Limitations & Future Work¶
- Data collection relies on the temporal ordering of hand-object and tool-object interactions in video; heuristic substitutes are required when certain interaction types are absent.
- Segmentation quality depends on SAM prompt accuracy, which may be unreliable under heavy occlusion.
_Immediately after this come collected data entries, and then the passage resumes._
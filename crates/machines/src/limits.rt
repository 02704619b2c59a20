// Which tables answer: those whose shape and number of states a test lets through.
ghost use Rattle.std.specs.Prelude.{◌≡◌, ℕ, ◌≤◌, Bool, true, false, MatchOption};
ghost use Rattle.trees.specs.declared.shape.Shape.{Shape};
ghost use Rattle.tables.specs.Images.{fits};
ghost use Rattle.tables.specs.SlotLaws.{fits_few};
ghost use Rattle.slots.specs.Sizes.{sized, sized_few};

use slots::{Addresses, Layout};
use trees::Shape;

pub trait Limits {
    // the test
    ghost serves: { Shape → ℕ → Bool };

    // codes stay few, as a lawful machine's must
    ghost few: { (sh : Shape) (N : ℕ) → serves sh N ≡ true → N ≤ 32 };

    // Where the cells stand, or none where the table answers nothing.
    fn addresses(shape: Shape, most: usize) -> Option<Addresses>
        ensures { MatchOption result (serves shape most ≡ false) (λ a. (serves shape most ≡ true) × ((a.shape ≡ shape) × (a.most ≡ most))) };
}

// Numbers small enough for addresses.
impl Limits for Addresses {
    ghost serves = { sized };

    ghost few = { sized_few };

    fn addresses(shape: Shape, most: usize) -> Option<Addresses> {
        Addresses::new(shape, most)
    }
}

// A shape within its limits, too.
impl Limits for Layout {
    ghost serves = { fits };

    ghost few = { fits_few };

    fn addresses(shape: Shape, most: usize) -> Option<Addresses> {
        Some(Layout::new(shape, most)?.addresses())
    }
}
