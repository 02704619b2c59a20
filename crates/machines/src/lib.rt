// Machines: the table in a slot, and the run of any machine over a listing.
#![tactic(auto)]

mod cell;
mod limits;
mod running;
mod table;

pub use cell::Code;
pub use limits::Limits;
pub use running::{judge, run};
pub use table::{SlotBytes, SlotTable, Table, slot_table_means, table_means};
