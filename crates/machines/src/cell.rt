// Numbers that a stack keeps codes in.
ghost use Rattle.std.specs.Prelude.{◌≡◌, ℕ, ◌^◌, ◌<◌};

use lent::Zero;

// Codes below `limit` go in and come out again; any other is put in as 0. `TryFrom` does not say of every type which
// numbers it takes, so each type of numbers says it here.
pub trait Code: Zero {
    ghost limit: { ℕ };

    ghost value: { Self → ℕ };

    fn put(code: u64) -> Self
        ensures { code < limit → value result ≡ code };

    fn get(self) -> u64
        ensures { result ≡ value self };
}

impl Code for u8 {
    ghost limit = { 256 };

    ghost value = { λ s. s };

    fn put(code: u64) -> u8 {
        u8::try_from(code).unwrap_or(0)
    }

    fn get(self) -> u64 {
        u64::from(self)
    }
}

impl Code for u64 {
    ghost limit = { 2 ^ 64 };

    ghost value = { λ s. s };

    fn put(code: u64) -> u64 {
        code
    }

    fn get(self) -> u64 {
        self
    }
}
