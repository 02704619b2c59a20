// The calls that fill a slot with the table of a machine.
#![tactic(auto)]

mod builds;
mod calls;
mod filling;
mod fillings;

pub use calls::{atom, both, either, not, some, take};
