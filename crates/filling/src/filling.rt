// What the calls that fill a slot share: their memory guarded, the table built, and its bytes put in the slot.
ghost use Rattle.std.specs.Prelude.{ℕ};
ghost use Rattle.racks.specs.Calls.{Lent, Call};
ghost use Rattle.racks.specs.Promises.{lent, lent_by, Zeroed, filled_by, Done};
ghost use Rattle.filling.specs.Fillings.{Fills, SameMemory};

use lent::Cleared;
use racks::{Rack, Working};
use store::Place;
use trees::Refusal;

// A call that fills a slot, without its rack, store and result slot.
pub(crate) trait Filling {
    ghost call: { Self → ℕ → Lent → Call };

    // Makes the checks, and leaves the bytes of the table in the first cells. Answers where they go.
    fn build(
        &self,
        rack: Rack,
        store: &[u8],
        res: usize,
        working: &mut Working<'_>,
    ) -> Result<Place, Refusal>
        ensures fills { Fills rack store.now res (call self.now res (lent_by working.old)) working.new.cells.now result }
        ensures same { SameMemory working.old working.new };
}

// The memory is guarded before the first check, so that it ends all zeros on every way out.
pub(crate) fn fill<F: Filling>(
    filling: &F,
    rack: Rack,
    store: &mut [u8],
    res: usize,
    codes: &mut [u64],
    cells: &mut [u8],
    classes: &mut [u8],
) -> Result<(), Refusal>
    ensures done { Done rack (F.call filling.now res (lent codes.old cells.old classes.old)) store.old store.new (filled_by result store.new) }
    ensures codes { Zeroed codes.old codes.new }
    ensures cells { Zeroed cells.old cells.new }
    ensures classes { Zeroed classes.old classes.new }
{
    let codes = Cleared { cells: codes };
    let cells = Cleared { cells };
    let classes = Cleared { cells: classes };
    let mut working = Working {
        codes: &mut *codes.cells,
        cells: &mut *cells.cells,
        classes: &mut *classes.cells,
    };
    let place = filling.build(rack, store, res, &mut working)?;
    place.put(store, working.cells);
    Ok(())
}
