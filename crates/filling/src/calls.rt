// The calls that fill a slot. Working memory ends all zeros on every way out. Each call takes it apart itself: of a struct of
// slices that is handed on whole, a caller is not told what the slices end as.
ghost use Rattle.atoms.specs.Making.{asked};
ghost use Rattle.racks.specs.Calls.{call_atom, call_not, call_both, call_either, call_some, call_take};
ghost use Rattle.racks.specs.Promises.{lent_by, AllZeroed, filled_by, Done};

use crate::filling::fill;
use crate::fillings::{Complement, Pair, Projection, Taken};
use atoms::Atom;
use layers::{And, Or};
use machine::Machine;
use racks::{Rack, Working};
use trees::Refusal;

// The atom's table in the result slot.
pub fn atom(
    rack: Rack,
    store: &mut [u8],
    res: usize,
    atom: Atom,
    working: Working<'_>,
) -> Result<(), Refusal>
    ensures done { Done rack (call_atom res (asked atom) (lent_by working.entry)) store.old store.new (filled_by result store.new) }
    ensures cleared { AllZeroed working.entry working.exit.0.now working.exit.1.0.now working.exit.1.1.0.now }
{
    let Working {
        codes,
        cells,
        classes,
    } = working;
    fill(&atom, rack, store, res, codes, cells, classes)
}

// The table of what the source's table does not accept.
pub fn not(
    rack: Rack,
    store: &mut [u8],
    res: usize,
    source: usize,
    working: Working<'_>,
) -> Result<(), Refusal>
    ensures done { Done rack (call_not res source (lent_by working.entry)) store.old store.new (filled_by result store.new) }
    ensures cleared { AllZeroed working.entry working.exit.0.now working.exit.1.0.now working.exit.1.1.0.now }
{
    let Working {
        codes,
        cells,
        classes,
    } = working;
    let call = Complement { source };
    fill(&call, rack, store, res, codes, cells, classes)
}

// The table of what both accept.
pub fn both(
    rack: Rack,
    store: &mut [u8],
    res: usize,
    left: usize,
    right: usize,
    working: Working<'_>,
) -> Result<(), Refusal>
    ensures done { Done rack (call_both res left right (lent_by working.entry)) store.old store.new (filled_by result store.new) }
    ensures cleared { AllZeroed working.entry working.exit.0.now working.exit.1.0.now working.exit.1.1.0.now }
{
    let Working {
        codes,
        cells,
        classes,
    } = working;
    let pair = Pair {
        connective: And,
        left,
        right,
    };
    fill(&pair, rack, store, res, codes, cells, classes)
}

// The table of what one of them accepts.
pub fn either(
    rack: Rack,
    store: &mut [u8],
    res: usize,
    left: usize,
    right: usize,
    working: Working<'_>,
) -> Result<(), Refusal>
    ensures done { Done rack (call_either res left right (lent_by working.entry)) store.old store.new (filled_by result store.new) }
    ensures cleared { AllZeroed working.entry working.exit.0.now working.exit.1.0.now working.exit.1.1.0.now }
{
    let Working {
        codes,
        cells,
        classes,
    } = working;
    let pair = Pair {
        connective: Or,
        left,
        right,
    };
    fill(&pair, rack, store, res, codes, cells, classes)
}

// The table of what some set of nodes, put in the track, makes the source's table accept.
pub fn some(
    rack: Rack,
    store: &mut [u8],
    res: usize,
    source: usize,
    track: usize,
    working: Working<'_>,
) -> Result<(), Refusal>
    ensures done { Done rack (call_some res source track (lent_by working.entry)) store.old store.new (filled_by result store.new) }
    ensures cleared { AllZeroed working.entry working.exit.0.now working.exit.1.0.now working.exit.1.1.0.now }
{
    let Working {
        codes,
        cells,
        classes,
    } = working;
    let call = Projection { source, track };
    fill(&call, rack, store, res, codes, cells, classes)
}

// The table of a machine of any make.
pub fn take<M: Machine>(
    rack: Rack,
    store: &mut [u8],
    res: usize,
    machine: &M,
    working: Working<'_>,
) -> Result<(), Refusal>
    ensures done { Done rack (call_take res (M.Machine.meaning machine.now) (lent_by working.entry)) store.old store.new (filled_by result store.new) }
    ensures cleared { AllZeroed working.entry working.exit.0.now working.exit.1.0.now working.exit.1.1.0.now }
{
    let Working {
        codes,
        cells,
        classes,
    } = working;
    let call = Taken { machine };
    fill(&call, rack, store, res, codes, cells, classes)
}
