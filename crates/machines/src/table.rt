// The table in a slot, as a machine that answers whatever the slot's bytes are.
ghost use Rattle.std.specs.Prelude.{◌≡◌, ℕ, ◌+◌, ◌-◌, ◌*◌, ◌^◌, ◌<◌, ◌≤◌, true, false, length, slice_index, MatchOption};
ghost use Rattle.tables.specs.Images.{states_of, kept};
ghost use Rattle.tables.specs.Slots.{answering, slot_automaton as layout_automaton};
ghost use Rattle.tables.specs.SlotLaws.{answering_lawful};
ghost use Rattle.machines.specs.Slots.{slot_automaton};

use crate::limits::Limits;
use machine::{Machine, asks_inner, asks_leaf};
use slots::{Addresses, Layout};
use std::marker::PhantomData;
use trees::Shape;

// The bytes of a slot, and how they are laid out. The table answers where `L` lets shape and `most` through, and is idle
// elsewhere.
#[derive_where(Clone, Copy)]
pub struct SlotBytes<'a, L> {
    pub bytes: &'a [u8],
    pub shape: Shape,
    pub most: usize,
    pub limits: PhantomData<L>,
}

// A table that answers wherever its numbers are small enough for addresses.
pub type Table<'a> = SlotBytes<'a, Addresses>;

// A table that answers where its layout is within its limits.
pub type SlotTable<'a> = SlotBytes<'a, Layout>;

impl<'a, L> SlotBytes<'a, L> {
    pub fn new(bytes: &'a [u8], shape: Shape, most: usize) -> SlotBytes<'a, L>
        ensures bytes { result.bytes ≡ bytes.entry }
        ensures shape { result.shape ≡ shape }
        ensures most { result.most ≡ most }
    {
        SlotBytes {
            bytes,
            shape,
            most,
            limits: PhantomData,
        }
    }

    fn byte(&self, at: usize) -> u8
        ensures { result ≡ slice_index self.now.bytes.now at }
    {
        self.bytes.get(at).copied().unwrap_or(0)
    }

    // Rust has no `From` between `usize` and `u64`, so they are cast, here and below.
    fn states(&self) -> u64
        ensures { result ≡ states_of self.now.most self.now.bytes.now }
    {
        u64::from(self.byte(0)).min(self.most as u64).max(1)
    }

    fn cell(&self, at: usize) -> u64
        ensures { result ≡ kept (states_of self.now.most self.now.bytes.now) (slice_index self.now.bytes.now at) }
    {
        let state = u64::from(self.byte(at));
        if state < self.states() { state } else { 0 }
    }
}

impl<'a, L: Limits> SlotBytes<'a, L> {
    fn addresses(&self) -> Option<Addresses>
        ensures { MatchOption result (L.Limits.serves self.now.shape self.now.most ≡ false) (λ a. (L.Limits.serves self.now.shape self.now.most ≡ true) × ((a.shape ≡ self.now.shape) × (a.most ≡ self.now.most))) }
    {
        L::addresses(self.shape, self.most)
    }
}

impl<'a, L: Limits> Machine for SlotBytes<'a, L> {
    ghost meaning = { λ s. answering (L.Limits.serves s.shape s.most) s.shape s.most s.bytes.now };

    ghost lawful = { λ s. answering_lawful (L.Limits.serves s.shape s.most) s.shape s.most s.bytes.now (L.Limits.few s.shape s.most) };

    fn shape(&self) -> Shape {
        self.shape
    }

    fn count(&self) -> u64 {
        match self.addresses() {
            Some(_) => self.states(),
            None => 1,
        }
    }

    fn leaf(&self, label: u8, marks: u8) -> u64 {
        match self.addresses() {
            Some(at) if asks_leaf(self.shape, label, marks) => self.cell(at.leaf(label, marks)),
            _ => 0,
        }
    }

    fn inner(&self, label: u8, marks: u8, left: u64, right: u64) -> u64 {
        match self.addresses() {
            Some(at) if asks_inner(self.shape, self.states(), label, marks, left, right) => {
                self.cell(at.inner(label, marks, left as usize, right as usize))
            }
            _ => 0,
        }
    }

    fn is_final(&self, code: u64) -> bool {
        self.addresses().is_some() && code < self.states() && self.byte(1 + code as usize) == 1
    }
}

// What a table means, in its own words.
pub fn table_means<'a>(table: &Table<'a>)
    ensures { ⟦<Table<'a> as Machine>⟧.meaning table.now ≡ slot_automaton table.now.shape table.now.most table.now.bytes.now }
{}

// What a slot's table means, in its own words.
pub fn slot_table_means<'a>(table: &SlotTable<'a>)
    ensures { ⟦<SlotTable<'a> as Machine>⟧.meaning table.now ≡ layout_automaton table.now.shape table.now.most table.now.bytes.now }
{}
- The "farthest point" substitution strategy for functional affordance assumes that the functional part is opposite the grasp point, which does not hold for all tools.
- Motion primitives in real robot experiments still require pre-recording, limiting task complexity.
- Low training data resolution (cropped regions typically <100 px) restricts recognition of fine-grained parts.
Related Work & Insights¶
- Learning affordances from human video: VRB and Robo-ABC are predecessors; this work improves upon them in data quality (precise masks vs. heatmaps) and affordance type coverage (adding functional affordance).
- Applying visual foundation models: The cross-domain feature representation of DINOv2 is a key enabler for affordance generalization.
- SAM for prompt-based segmentation: Using point prompts to generate precise masks bridges the gap between sparse localization and dense segmentation.
- Provides an efficient alternative to task-oriented grasping approaches based on VLMs/LLMs, without requiring per-inference language model queries.
Rating¶
- Novelty: ⭐⭐⭐⭐ First complete system jointly learning precise graspable and functional affordance segmentation.
- Experimental Thoroughness: ⭐⭐⭐⭐⭐ Dual visual and robot evaluation, 179 real-world trials, comprehensive coverage of cross-domain, zero-shot, and cluttered scenarios.
- Writing Quality: ⭐⭐⭐⭐ Systematic and complete, with clear illustrations and a coherent narrative from data collection to modeling to deployment.
- Value: ⭐⭐⭐⭐⭐ Addresses all three major pain points in affordance research (data, generalization, deployment) with strong practical applicability.